To do:
Scan the listing below. Report each line that includes "crates".

Data:
:::::

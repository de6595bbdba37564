//! TASK: a task of a deck of tasks.
ghost use Rattle.std.specs.Prelude.{refl};
ghost use Rattle.pc_faults.specs.declared.kind.Kind.TheVariants as kinds;
ghost use Rattle.pc_deck.specs.Task.{task_kind, task_card};
ghost use Rattle.pc_deck.specs.WrittenKinds.{written_of};

use pc_cards::card::{Card, Coded, Layout};
use pc_cards::field::{Misfit, read_amount, read_code, read_given_code, read_title};
use pc_cards::form::{DURATION, FieldForm, MONEY, SLOPE, Slot};
use pc_cards::sort::Sort;
use pc_faults::Kind;
use pc_model::{MAX_COST, MAX_DURATION, MAX_SLOPE};
use pc_records::{Fields, Records};
use pc_text::{Code, Title, digits};
use std::alloc::AllocError;

/// A TASK card: a task, with its estimates and durations in units and its costs. It is what an activity is, but for the
/// events.
#[derive(Clone, Copy)]
pub struct TaskCard {
    pub row: u32,
    pub code: Code,
    pub item: Code,
    pub opt: u64,
    pub likely: u64,
    pub pess: u64,
    pub normal: u64,
    pub crash: u64,
    pub cost: u64,
    pub slope: u64,
    pub title: Title,
}

const SLOTS: [Slot; 10] = [
    (2, FieldForm::GivenCode),
    (3, FieldForm::Code),
    (4, DURATION),
    (5, DURATION),
    (6, DURATION),
    (7, DURATION),
    (8, DURATION),
    (9, MONEY),
    (10, SLOPE),
    (11, FieldForm::Title),
];

impl Card for TaskCard {
    ghost slots = { task_kind.slots };

    ghost least = { 11 };

    ghost most = { 11 };

    ghost spelled = { task_card };

    ghost written = { (written_of kinds.Task).written };

    fn layout(_: Sort) -> Layout {
        Layout {
            slots: &SLOTS,
            least: 11,
            most: 11,
        }
    }

    fn read<F: Fields>(_: Sort, row: u32, fields: &F) -> Result<TaskCard, Misfit> {
        Ok(TaskCard {
            row,
            code: read_given_code(fields, 2)?,
            item: read_code(fields, 3)?,
            opt: read_amount(fields, 4, 0, MAX_DURATION)?,
            likely: read_amount(fields, 5, 0, MAX_DURATION)?,
            pess: read_amount(fields, 6, 0, MAX_DURATION)?,
            normal: read_amount(fields, 7, 0, MAX_DURATION)?,
            crash: read_amount(fields, 8, 0, MAX_DURATION)?,
            cost: read_amount(fields, 9, 0, MAX_COST)?,
            slope: read_amount(fields, 10, 0, MAX_SLOPE)?,
            title: read_title(fields, 11)?,
        })
    }

    fn put<R: Records>(self, kind: Kind, text: &mut R) -> Result<(), AllocError> {
        text.put(&[
            kind.word(),
            self.code.bytes(),
            self.item.bytes(),
            digits(self.opt).bytes(),
            digits(self.likely).bytes(),
            digits(self.pess).bytes(),
            digits(self.normal).bytes(),
            digits(self.crash).bytes(),
            digits(self.cost).bytes(),
            digits(self.slope).bytes(),
            self.title.bytes(),
        ])
    }
}

impl Coded for TaskCard {
    ghost own_code = { λ task. task.code };

    fn code(&self) -> &Code {
        &self.code
    }

    ghost second_field = { λ row fields. refl };
}
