//! A source that reads a file.
ghost use Rattle.std.specs.Prelude.{◌≡◌};

use crate::{FIXED_KEY, Failed, Source};
use std::fs::File;
use std::io::Read;
use std::rt::Files;

/// A source that reads a file. Contracts cannot see its bytes.
///
/// Each error of a read is a fault. If the file could not be opened, or if the key could not be drawn, each pull on a
/// buffer that is not empty is a fault.
///
/// The file is closed when its end is read. A process that started with standard input closed may get descriptor 0 for
/// the file; a later read of standard input then fails, instead of reading from the file.
#[derive(Drop)]
pub struct FileSource {
    state: State,
    faults: u64,
    key: u128,
}

#[derive(Drop)]
enum State {
    Open(File),
    // The end was read.
    Ended,
    // The file could not be opened, or there is none.
    Missing,
}

impl FileSource {
    /// Opens the file at `path` and returns a source that reads it. If it cannot be opened, each pull has a fault.
    pub fn at<F: Files<File = File>>(files: &F, path: &str) -> FileSource
        ensures faults { ⟦<FileSource as Source>⟧.faults result ≡ 0 }
    {
        FileSource {
            state: match File::open(files, path) {
                Ok(file) => State::Open(file),
                Err(_) => State::Missing,
            },
            faults: 0,
            key: FIXED_KEY,
        }
    }

    /// Returns a source without a file, which has a fault at each pull on a buffer that is not empty.
    pub fn missing() -> FileSource
        ensures faults { ⟦<FileSource as Source>⟧.faults result ≡ 0 }
    {
        FileSource {
            state: State::Missing,
            faults: 0,
            key: FIXED_KEY,
        }
    }

    /// Returns this source with a key that [`draw_key`](crate::draw_key) returned. With `None` each pull has a fault.
    pub fn with_key(self, key: Option<u128>) -> FileSource
        ensures faults { ⟦<FileSource as Source>⟧.faults result ≡ ⟦<FileSource as Source>⟧.faults self }
    {
        match key {
            Some(key) => FileSource { key, ..self },
            None => FileSource {
                state: State::Missing,
                ..self
            },
        }
    }
}

impl Source for FileSource {
    ghost faults = { λ source. source.faults };

    fn pull(&mut self, buf: &mut [u8]) -> Result<usize, Failed> {
        if buf.is_empty() {
            return Ok(0);
        }
        let read = match &mut self.state {
            State::Open(file) => file.read(buf).ok(),
            State::Ended => Some(0),
            State::Missing => None,
        };
        match read {
            Some(0) => {
                self.state = State::Ended;
                Ok(0)
            }
            Some(n) => Ok(n),
            None => {
                self.faults = self.faults.saturating_add(1);
                Err(Failed)
            }
        }
    }

    fn key(&self) -> u128 {
        self.key
    }
}
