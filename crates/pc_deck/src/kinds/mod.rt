//! The kinds of cards, a file for each or for two whose cards have the same fields, and the table of them: the word of
//! each kind, its list, and its limit in decks of each sort.
ghost use Rattle.std.specs.Prelude.{◌≡◌};
ghost use Rattle.pc_deck.specs.Kinds.{kind_of, kind_among, first_kinds, work_kinds, further_kinds, limit_of};

use crate::limits::{
    MAX_AFTERS, MAX_TASK_ITEMS, MAX_TASKS, SMALL_ACTIVITIES, SMALL_CHARGES, SMALL_EVENTS,
    SMALL_PIECES, SMALL_STATUSES,
};
use pc_cards::lists::{Listed, Named, Once};
use pc_cards::sort::{Sort, by_sort, by_version};
use pc_faults::Kind;
use pc_model::{
    MAX_ACCOUNTS, MAX_ACTIVITIES, MAX_CHARGES, MAX_EVENTS, MAX_ITEMS, MAX_LOADS, MAX_PIECES,
    MAX_RESOURCES, MAX_STATUSES, MAX_TOGOS,
};
use std::alloc::Global;

mod acct;
mod act;
mod after;
mod as_of;
mod load;
mod money;
mod piece;
mod project;
mod status;
mod task;
mod terms;
mod titled;
mod wbs;

pub use acct::AcctCard;
pub use act::ActCard;
pub use after::AfterCard;
pub use as_of::AsOfCard;
pub use load::LoadCard;
pub use money::MoneyCard;
pub use piece::PieceCard;
pub use project::ProjectCard;
pub use status::StatusCard;
pub use task::TaskCard;
pub use terms::TermsCard;
pub use titled::TitledCard;
pub use wbs::ItemCard;

/// The cards of a deck by kind, except its PROJECT card. A kind that decks of this sort do not have has no cards.
pub struct CardLists {
    pub as_of: Once<AsOfCard>,
    pub terms: Once<TermsCard>,
    pub items: Named<ItemCard>,
    pub events: Named<TitledCard>,
    pub acts: Named<ActCard>,
    pub tasks: Named<TaskCard>,
    pub afters: Listed<AfterCard>,
    pub pieces: Listed<PieceCard>,
    pub accounts: Named<AcctCard>,
    pub charges: Listed<MoneyCard>,
    pub togos: Listed<MoneyCard>,
    pub statuses: Listed<StatusCard>,
    pub resources: Named<TitledCard>,
    pub loads: Listed<LoadCard>,
}

impl Drop for CardLists {
    // Written by hand so that the proof of dropping all these lists is done once, here.
    fn drop(self) {
        let CardLists {
            as_of: _as_of,
            terms: _terms,
            items: _items,
            events: _events,
            acts: _acts,
            tasks: _tasks,
            afters: _afters,
            pieces: _pieces,
            accounts: _accounts,
            charges: _charges,
            togos: _togos,
            statuses: _statuses,
            resources: _resources,
            loads: _loads,
        } = self;
    }
}

impl CardLists {
    ghost use Rattle.pc_deck.specs.inside.Kinds.{no_lists};

    /// Creates empty lists. `key` is the key of the hash that looks up cards by their codes.
    pub fn new(alloc: Global, key: u128) -> CardLists
        ensures { result ≡ no_lists }
    {
        CardLists {
            as_of: Once::new(),
            terms: Once::new(),
            items: Named::new(alloc, key),
            events: Named::new(alloc, key),
            acts: Named::new(alloc, key),
            tasks: Named::new(alloc, key),
            afters: Listed::new(alloc),
            pieces: Listed::new(alloc),
            accounts: Named::new(alloc, key),
            charges: Listed::new(alloc),
            togos: Listed::new(alloc),
            statuses: Listed::new(alloc),
            resources: Named::new(alloc, key),
            loads: Listed::new(alloc),
        }
    }
}

/// Returns the kind of cards of the sort that a card's first field names, in capital letters, or `None` if it names
/// none.
pub(crate) fn kind_of(sort: Sort, field: &[u8]) -> Option<Kind>
    ensures { result ≡ kind_of sort field.now }
{
    if let Some(kind) = first_kind(field) {
        return Some(kind);
    }
    if let Some(kind) = work_kind(sort, field) {
        return Some(kind);
    }
    further_kind(field)
}

/// The kind that a field names, of those that come first in decks of both sorts.
fn first_kind(field: &[u8]) -> Option<Kind>
    ensures { result ≡ kind_among first_kinds field.now }
{
    if field == b"PROJECT".as_slice() {
        Some(Kind::Project)
    } else if field == b"ASOF".as_slice() {
        Some(Kind::AsOf)
    } else if field == b"TERMS".as_slice() {
        Some(Kind::Terms)
    } else if field == b"WBS".as_slice() {
        Some(Kind::Wbs)
    } else {
        None
    }
}

/// The kind that a field names, of those that only decks of the sort have.
fn work_kind(sort: Sort, field: &[u8]) -> Option<Kind>
    ensures { result ≡ kind_among (work_kinds sort) field.now }
{
    match sort {
        Sort::Plan if field == b"EVENT".as_slice() => Some(Kind::Event),
        Sort::Plan if field == b"ACT".as_slice() => Some(Kind::Act),
        Sort::Tasks if field == b"TASK".as_slice() => Some(Kind::Task),
        Sort::Tasks if field == b"AFTER".as_slice() => Some(Kind::After),
        _ => None,
    }
}

/// Returns the kind that a field names, among the later kinds that decks of both sorts have.
fn further_kind(field: &[u8]) -> Option<Kind>
    ensures { result ≡ kind_among further_kinds field.now }
{
    if field == b"PIECE".as_slice() {
        Some(Kind::Piece)
    } else if field == b"ACCT".as_slice() {
        Some(Kind::Acct)
    } else if field == b"CHARGE".as_slice() {
        Some(Kind::Charge)
    } else if field == b"TOGO".as_slice() {
        Some(Kind::ToGo)
    } else if field == b"STATUS".as_slice() {
        Some(Kind::Status)
    } else if field == b"RES".as_slice() {
        Some(Kind::Res)
    } else if field == b"LOAD".as_slice() {
        Some(Kind::Load)
    } else if field == b"END".as_slice() {
        Some(Kind::End)
    } else {
        None
    }
}

/// Returns how many cards of the kind a deck of the sort and version may have, or `None` if there is no such limit.
///
/// A deck may have no card of a kind that its sort does not have. A deck of tasks counts as version 2, whatever it
/// says.
pub(crate) fn limit_of(sort: Sort, version: u64, kind: Kind) -> Option<usize>
    ensures { result ≡ limit_of sort version kind }
{
    let version = match sort {
        Sort::Plan => version,
        Sort::Tasks => 2,
    };
    let limit = match kind {
        Kind::Wbs => by_sort(sort, MAX_ITEMS, MAX_TASK_ITEMS),
        Kind::Event => by_sort(sort, by_version(version, SMALL_EVENTS, MAX_EVENTS), 0),
        Kind::Act => by_sort(
            sort,
            by_version(version, SMALL_ACTIVITIES, MAX_ACTIVITIES),
            0,
        ),
        Kind::Task => by_sort(sort, 0, MAX_TASKS),
        Kind::After => by_sort(sort, 0, MAX_AFTERS),
        Kind::Piece => by_version(version, SMALL_PIECES, MAX_PIECES),
        Kind::Acct => MAX_ACCOUNTS,
        Kind::Charge => by_version(version, SMALL_CHARGES, MAX_CHARGES),
        Kind::ToGo => MAX_TOGOS,
        Kind::Status => by_version(version, SMALL_STATUSES, MAX_STATUSES),
        Kind::Res => MAX_RESOURCES,
        Kind::Load => MAX_LOADS,
        Kind::Project | Kind::AsOf | Kind::Terms | Kind::End => return None,
    };
    Some(limit as usize)
}
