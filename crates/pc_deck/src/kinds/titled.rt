//! EVENT and RES: what has a code and a title, an event of the network or a resource.
ghost use Rattle.std.specs.Prelude.{refl};
ghost use Rattle.pc_deck.specs.Titled.{event_kind, titled_card, written_titled};

use pc_cards::card::{Card, Coded, Layout};
use pc_cards::field::{Misfit, read_code, read_title};
use pc_cards::form::{FieldForm, Slot};
use pc_cards::sort::Sort;
use pc_faults::Kind;
use pc_records::{Fields, Records};
use pc_text::{Code, Title};
use std::alloc::AllocError;

/// An EVENT or a RES card: an event of the network, or a resource that activities use.
#[derive(Clone, Copy)]
pub struct TitledCard {
    pub row: u32,
    pub code: Code,
    pub title: Title,
}

const SLOTS: [Slot; 2] = [(2, FieldForm::Code), (3, FieldForm::Title)];

impl Card for TitledCard {
    ghost slots = { event_kind.slots };

    ghost least = { 3 };

    ghost most = { 3 };

    ghost spelled = { titled_card };

    ghost written = { written_titled };

    fn layout(_: Sort) -> Layout {
        Layout {
            slots: &SLOTS,
            least: 3,
            most: 3,
        }
    }

    fn read<F: Fields>(_: Sort, row: u32, fields: &F) -> Result<TitledCard, Misfit> {
        Ok(TitledCard {
            row,
            code: read_code(fields, 2)?,
            title: read_title(fields, 3)?,
        })
    }

    fn put<R: Records>(self, kind: Kind, text: &mut R) -> Result<(), AllocError> {
        text.put(&[kind.word(), self.code.bytes(), self.title.bytes()])
    }
}

impl Coded for TitledCard {
    ghost own_code = { λ card. card.code };

    fn code(&self) -> &Code {
        &self.code
    }

    ghost second_field = { λ row fields. refl };
}
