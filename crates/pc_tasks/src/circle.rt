//! Whether tasks wait for each other in a circle.
ghost use Rattle.std.specs.Prelude.{◌≡◌, ◌<◌, ◌≤◌, length, IfOk, MatchOption};
ghost use Rattle.pc_tasks.specs.network.Arrows.{tasks_of, wide_arrows};
ghost use Rattle.pc_tasks.specs.network.Cycles.{HasNoTaskCycle, IsFirstTaskCycle};
ghost use Rattle.pc_tasks.specs.network.Tasks.{AreAmong};
ghost use Rattle.pc_deck.specs.declared.limits.TheConstants.{MAX_AFTERS, MAX_TASKS};

use crate::network::wide_arrows_have_the_cycles;
use pc_model::Arc;
use pc_net::{Net, NetError};
use pc_project::AfterRow;
use std::alloc::{AllocError, Global};

/// Returns the tasks of the first circle, if there is one: each comes after the one before it, and the first after the
/// last.
///
/// Linear in the tasks and the rows.
pub(crate) fn first_circle(
    alloc: Global,
    tasks: u32,
    afters: &[AfterRow],
) -> Result<Option<Vec<u32>>, AllocError>
    requires some { 0 < tasks }
    requires few { tasks ≤ MAX_TASKS }
    requires few_afters { length afters.now ≤ MAX_AFTERS }
    requires among { AreAmong tasks afters.now }
    ensures { IfOk result (λ found. MatchOption found
        (HasNoTaskCycle afters.now)
        (λ cycle. IsFirstTaskCycle afters.now cycle.items)) }
{
    // The wide arrows have a cycle exactly if there is a circle, and their first one passes the first circle.
    wide_arrows_have_the_cycles();
    let arcs = wide_arcs(alloc, tasks, afters)?;
    match Net::build(alloc, 2 * tasks + 2, 0, 2 * tasks + 1, &arcs) {
        Ok(_) => Ok(None),
        Err(NetError::Cycle(walk)) => Ok(Some(tasks_of(alloc, tasks, walk.as_slice())?)),
        Err(NetError::OutOfMemory) => Err(AllocError),
        Err(NetError::StartEntered { .. }) => unreachable!(),
        Err(NetError::EndLeft { .. }) => unreachable!(),
        Err(NetError::Dangling { .. }) => unreachable!(),
    }
}

/// Returns the activities of the wide arrows: the tasks, and then the links of the rows, from the start and to the end.
fn wide_arcs(alloc: Global, tasks: u32, afters: &[AfterRow]) -> Result<Vec<Arc>, AllocError>
    requires few { tasks ≤ MAX_TASKS }
    requires few_afters { length afters.now ≤ MAX_AFTERS }
    requires among { AreAmong tasks afters.now }
    ensures { IfOk result (λ arcs. arcs.items ≡ (wide_arrows tasks afters.now).arcs) }
{
    let room = 3 * tasks as usize + afters.len();
    let mut arcs = Vec::with_capacity(alloc, room)?;
    arcs.extend((0..tasks).map(|i| Arc {
        from: 2 * i + 1,
        to: 2 * i + 2,
    }))?;
    for after in afters {
        arcs.push(Arc {
            from: 2 * after.before + 2,
            to: 2 * after.task + 1,
        })?;
    }
    arcs.extend((0..tasks).map(|i| Arc {
        from: 0,
        to: 2 * i + 1,
    }))?;
    arcs.extend((0..tasks).map(|i| Arc {
        from: 2 * i + 2,
        to: 2 * tasks + 1,
    }))?;
    Ok(arcs)
}

/// Returns the tasks among the activities of a walk.
fn tasks_of(alloc: Global, tasks: u32, walk: &[u32]) -> Result<Vec<u32>, AllocError>
    ensures { IfOk result (λ of. of.items ≡ tasks_of tasks walk.now) }
{
    walk.iter().copied().filter(|a| *a < tasks).collect(alloc)
}
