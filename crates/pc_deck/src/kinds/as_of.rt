//! ASOF: the day that the figures are of.
ghost use Rattle.pc_faults.specs.declared.kind.Kind.TheVariants as kinds;
ghost use Rattle.pc_deck.specs.AsOf.{as_of_kind, as_of_card};
ghost use Rattle.pc_deck.specs.WrittenKinds.{written_of};

use pc_cards::card::{Card, Layout};
use pc_cards::field::{Misfit, read_date};
use pc_cards::form::{FieldForm, Slot};
use pc_cards::sort::Sort;
use pc_days::{Day, day_text};
use pc_faults::Kind;
use pc_records::{Fields, Records};
use std::alloc::AllocError;

/// The ASOF card: the day that the figures are of.
#[derive(Clone, Copy)]
pub struct AsOfCard {
    pub row: u32,
    pub day: Day,
}

const SLOTS: [Slot; 1] = [(2, FieldForm::Date)];

impl Card for AsOfCard {
    ghost slots = { as_of_kind.slots };

    ghost least = { 2 };

    ghost most = { 2 };

    ghost spelled = { as_of_card };

    ghost written = { (written_of kinds.AsOf).written };

    fn layout(_: Sort) -> Layout {
        Layout {
            slots: &SLOTS,
            least: 2,
            most: 2,
        }
    }

    fn read<F: Fields>(_: Sort, row: u32, fields: &F) -> Result<AsOfCard, Misfit> {
        Ok(AsOfCard {
            row,
            day: read_date(fields, 2)?,
        })
    }

    fn put<R: Records>(self, kind: Kind, text: &mut R) -> Result<(), AllocError> {
        let day = day_text(self.day);
        text.put(&[kind.word(), day.as_slice()])
    }
}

:::::

Result:
filename crates/pc_deck/src/kinds/mod.rt
filename crates/pc_deck/src/kinds/titled.rt
filename crates/pc_tasks/src/circle.rt
filename crates/pc_deck/src/kinds/as_of.rt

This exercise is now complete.